* [WHAT IS NEEDED]: In the data that follows, find the line with "pub use route::Route;"; transcribe it, every later line up to the one with "pub use words::number;", and that line as well, exactly and with no others.

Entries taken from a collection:
####

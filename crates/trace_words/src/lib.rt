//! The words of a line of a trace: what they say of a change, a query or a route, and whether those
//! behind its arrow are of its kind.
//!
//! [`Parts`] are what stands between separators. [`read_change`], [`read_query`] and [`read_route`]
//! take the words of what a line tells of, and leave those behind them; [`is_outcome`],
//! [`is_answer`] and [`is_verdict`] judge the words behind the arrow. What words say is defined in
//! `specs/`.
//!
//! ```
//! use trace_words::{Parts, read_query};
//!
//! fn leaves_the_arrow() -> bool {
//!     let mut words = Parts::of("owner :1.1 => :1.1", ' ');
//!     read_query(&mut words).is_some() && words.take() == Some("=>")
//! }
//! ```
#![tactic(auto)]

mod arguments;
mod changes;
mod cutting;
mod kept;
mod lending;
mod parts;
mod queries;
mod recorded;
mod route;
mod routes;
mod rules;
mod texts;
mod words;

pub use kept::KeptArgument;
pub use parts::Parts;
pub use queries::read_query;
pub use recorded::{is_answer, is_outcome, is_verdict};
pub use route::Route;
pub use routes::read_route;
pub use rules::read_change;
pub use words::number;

####

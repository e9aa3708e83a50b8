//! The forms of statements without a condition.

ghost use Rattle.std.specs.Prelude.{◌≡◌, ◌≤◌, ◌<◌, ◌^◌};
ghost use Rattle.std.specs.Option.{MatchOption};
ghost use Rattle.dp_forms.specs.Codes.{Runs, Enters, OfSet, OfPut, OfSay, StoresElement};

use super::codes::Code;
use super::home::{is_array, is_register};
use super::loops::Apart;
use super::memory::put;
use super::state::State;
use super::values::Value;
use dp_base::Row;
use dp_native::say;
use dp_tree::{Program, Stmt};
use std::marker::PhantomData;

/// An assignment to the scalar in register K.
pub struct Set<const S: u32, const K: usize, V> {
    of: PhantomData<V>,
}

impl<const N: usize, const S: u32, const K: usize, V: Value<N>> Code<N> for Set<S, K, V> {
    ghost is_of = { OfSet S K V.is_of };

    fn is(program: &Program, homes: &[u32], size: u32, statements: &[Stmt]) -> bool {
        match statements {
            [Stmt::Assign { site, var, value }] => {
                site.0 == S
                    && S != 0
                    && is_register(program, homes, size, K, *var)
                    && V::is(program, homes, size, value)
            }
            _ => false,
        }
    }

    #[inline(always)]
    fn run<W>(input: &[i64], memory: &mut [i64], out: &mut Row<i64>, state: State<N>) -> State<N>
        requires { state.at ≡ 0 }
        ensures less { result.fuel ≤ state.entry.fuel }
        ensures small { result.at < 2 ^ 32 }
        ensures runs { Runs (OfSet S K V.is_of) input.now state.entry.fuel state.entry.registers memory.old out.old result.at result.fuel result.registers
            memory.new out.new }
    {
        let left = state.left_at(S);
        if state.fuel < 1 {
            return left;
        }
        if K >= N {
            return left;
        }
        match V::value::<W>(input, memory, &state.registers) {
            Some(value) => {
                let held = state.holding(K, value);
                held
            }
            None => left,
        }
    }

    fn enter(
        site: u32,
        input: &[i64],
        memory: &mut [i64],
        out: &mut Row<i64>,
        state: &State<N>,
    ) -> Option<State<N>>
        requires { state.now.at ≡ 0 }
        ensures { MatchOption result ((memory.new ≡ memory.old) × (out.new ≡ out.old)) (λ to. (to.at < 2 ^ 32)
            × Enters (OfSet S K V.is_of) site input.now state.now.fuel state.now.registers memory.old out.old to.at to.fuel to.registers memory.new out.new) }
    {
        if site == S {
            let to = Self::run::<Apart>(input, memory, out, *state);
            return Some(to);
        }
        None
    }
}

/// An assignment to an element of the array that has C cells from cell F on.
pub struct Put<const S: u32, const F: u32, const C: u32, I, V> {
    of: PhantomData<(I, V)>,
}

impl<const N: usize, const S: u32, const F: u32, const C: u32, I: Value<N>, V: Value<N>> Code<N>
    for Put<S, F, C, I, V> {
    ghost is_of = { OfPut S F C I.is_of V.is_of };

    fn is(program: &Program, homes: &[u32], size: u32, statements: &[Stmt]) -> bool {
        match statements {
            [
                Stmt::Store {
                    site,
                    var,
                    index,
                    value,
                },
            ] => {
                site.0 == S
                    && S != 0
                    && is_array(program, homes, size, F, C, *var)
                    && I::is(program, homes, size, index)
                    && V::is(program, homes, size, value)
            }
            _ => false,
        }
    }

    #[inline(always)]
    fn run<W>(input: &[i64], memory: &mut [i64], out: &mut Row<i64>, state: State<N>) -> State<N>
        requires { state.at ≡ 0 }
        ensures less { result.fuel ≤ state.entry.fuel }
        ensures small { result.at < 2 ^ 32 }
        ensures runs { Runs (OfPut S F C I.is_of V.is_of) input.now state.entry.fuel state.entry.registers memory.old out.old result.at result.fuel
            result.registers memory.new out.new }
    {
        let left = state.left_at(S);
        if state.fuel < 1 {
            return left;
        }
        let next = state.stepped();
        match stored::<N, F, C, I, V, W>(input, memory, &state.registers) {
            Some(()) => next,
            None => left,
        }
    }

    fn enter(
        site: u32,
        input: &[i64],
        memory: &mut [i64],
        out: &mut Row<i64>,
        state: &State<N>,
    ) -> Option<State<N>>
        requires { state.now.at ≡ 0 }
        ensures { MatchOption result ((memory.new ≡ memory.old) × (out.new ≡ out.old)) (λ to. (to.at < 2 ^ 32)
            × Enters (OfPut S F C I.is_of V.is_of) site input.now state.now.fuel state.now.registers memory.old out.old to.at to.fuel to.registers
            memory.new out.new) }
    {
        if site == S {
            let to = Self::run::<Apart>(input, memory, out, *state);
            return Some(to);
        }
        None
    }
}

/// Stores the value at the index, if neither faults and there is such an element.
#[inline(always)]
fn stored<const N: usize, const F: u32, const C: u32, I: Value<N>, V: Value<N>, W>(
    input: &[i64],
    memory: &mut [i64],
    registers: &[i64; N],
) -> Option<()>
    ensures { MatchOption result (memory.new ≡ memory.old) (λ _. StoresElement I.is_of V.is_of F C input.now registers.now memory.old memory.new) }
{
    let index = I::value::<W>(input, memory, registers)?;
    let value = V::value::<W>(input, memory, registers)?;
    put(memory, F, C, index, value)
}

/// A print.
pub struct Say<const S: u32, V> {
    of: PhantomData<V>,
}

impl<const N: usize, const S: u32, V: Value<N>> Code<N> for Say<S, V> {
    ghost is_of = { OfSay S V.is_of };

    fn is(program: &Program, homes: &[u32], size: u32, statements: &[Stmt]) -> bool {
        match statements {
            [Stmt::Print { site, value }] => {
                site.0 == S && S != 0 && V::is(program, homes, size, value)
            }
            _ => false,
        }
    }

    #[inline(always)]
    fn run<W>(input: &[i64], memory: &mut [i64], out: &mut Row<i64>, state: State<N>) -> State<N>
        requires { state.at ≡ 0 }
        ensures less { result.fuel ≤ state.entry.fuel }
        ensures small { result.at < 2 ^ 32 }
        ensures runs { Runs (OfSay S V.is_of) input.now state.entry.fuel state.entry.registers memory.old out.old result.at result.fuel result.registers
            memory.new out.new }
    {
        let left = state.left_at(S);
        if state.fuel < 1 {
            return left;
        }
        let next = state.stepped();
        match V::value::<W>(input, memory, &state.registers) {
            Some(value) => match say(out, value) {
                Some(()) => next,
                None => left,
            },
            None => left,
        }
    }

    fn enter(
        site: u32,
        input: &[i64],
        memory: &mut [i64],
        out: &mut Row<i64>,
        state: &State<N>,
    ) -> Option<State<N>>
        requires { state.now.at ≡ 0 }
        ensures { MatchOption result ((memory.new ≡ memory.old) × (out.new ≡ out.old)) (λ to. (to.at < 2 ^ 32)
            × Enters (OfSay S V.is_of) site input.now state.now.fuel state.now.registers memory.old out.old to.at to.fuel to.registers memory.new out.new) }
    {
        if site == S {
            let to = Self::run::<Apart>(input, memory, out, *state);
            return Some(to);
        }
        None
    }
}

####

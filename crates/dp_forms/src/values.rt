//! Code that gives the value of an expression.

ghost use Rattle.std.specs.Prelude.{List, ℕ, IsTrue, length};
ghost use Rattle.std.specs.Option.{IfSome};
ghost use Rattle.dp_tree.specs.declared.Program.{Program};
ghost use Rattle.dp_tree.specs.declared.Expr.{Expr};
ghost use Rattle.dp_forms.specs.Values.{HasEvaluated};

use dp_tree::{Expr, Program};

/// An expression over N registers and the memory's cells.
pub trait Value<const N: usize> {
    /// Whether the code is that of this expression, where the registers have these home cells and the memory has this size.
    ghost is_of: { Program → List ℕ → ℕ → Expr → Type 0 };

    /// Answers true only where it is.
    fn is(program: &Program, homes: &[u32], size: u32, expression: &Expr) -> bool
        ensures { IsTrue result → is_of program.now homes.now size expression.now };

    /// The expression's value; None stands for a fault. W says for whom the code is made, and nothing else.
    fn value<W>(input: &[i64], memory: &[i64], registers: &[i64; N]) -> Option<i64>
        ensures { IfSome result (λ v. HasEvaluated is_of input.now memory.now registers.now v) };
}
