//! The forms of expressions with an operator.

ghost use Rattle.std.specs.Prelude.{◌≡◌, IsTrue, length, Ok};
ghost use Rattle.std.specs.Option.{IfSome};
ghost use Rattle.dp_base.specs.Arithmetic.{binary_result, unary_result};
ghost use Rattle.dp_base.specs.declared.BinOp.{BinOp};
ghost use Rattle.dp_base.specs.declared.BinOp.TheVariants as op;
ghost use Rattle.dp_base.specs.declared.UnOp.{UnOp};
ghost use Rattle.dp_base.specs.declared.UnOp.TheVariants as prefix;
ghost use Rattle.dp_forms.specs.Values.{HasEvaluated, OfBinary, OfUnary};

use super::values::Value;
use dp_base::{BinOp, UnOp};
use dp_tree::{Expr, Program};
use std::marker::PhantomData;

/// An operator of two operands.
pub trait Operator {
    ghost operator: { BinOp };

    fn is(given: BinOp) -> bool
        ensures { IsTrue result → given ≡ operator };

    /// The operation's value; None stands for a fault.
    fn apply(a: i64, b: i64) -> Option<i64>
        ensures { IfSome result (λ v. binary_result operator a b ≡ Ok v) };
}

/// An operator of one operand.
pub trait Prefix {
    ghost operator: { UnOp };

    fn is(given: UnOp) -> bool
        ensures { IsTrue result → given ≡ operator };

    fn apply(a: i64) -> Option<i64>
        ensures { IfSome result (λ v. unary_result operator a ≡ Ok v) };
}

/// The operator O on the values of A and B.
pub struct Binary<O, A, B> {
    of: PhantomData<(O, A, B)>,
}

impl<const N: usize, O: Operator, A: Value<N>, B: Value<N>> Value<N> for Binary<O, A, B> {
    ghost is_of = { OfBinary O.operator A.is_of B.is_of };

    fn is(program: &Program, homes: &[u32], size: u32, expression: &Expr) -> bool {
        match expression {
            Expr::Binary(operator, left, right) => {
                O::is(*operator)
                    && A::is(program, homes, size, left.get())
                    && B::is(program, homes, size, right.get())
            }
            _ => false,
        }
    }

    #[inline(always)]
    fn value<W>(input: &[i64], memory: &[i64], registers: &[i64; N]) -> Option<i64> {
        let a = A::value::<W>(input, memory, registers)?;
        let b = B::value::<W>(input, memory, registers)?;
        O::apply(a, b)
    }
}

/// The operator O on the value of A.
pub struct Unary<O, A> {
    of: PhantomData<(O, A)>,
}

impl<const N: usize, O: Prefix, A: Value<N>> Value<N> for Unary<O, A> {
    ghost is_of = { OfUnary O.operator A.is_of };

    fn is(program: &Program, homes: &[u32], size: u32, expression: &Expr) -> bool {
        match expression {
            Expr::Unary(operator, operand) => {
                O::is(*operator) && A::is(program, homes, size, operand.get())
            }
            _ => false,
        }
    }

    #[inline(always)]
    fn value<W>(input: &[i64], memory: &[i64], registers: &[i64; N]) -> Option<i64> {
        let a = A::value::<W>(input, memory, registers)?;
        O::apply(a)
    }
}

####

* [RESULT BELOW]:
pub use route::Route;
pub use routes::read_route;
pub use rules::read_change;
pub use words::number;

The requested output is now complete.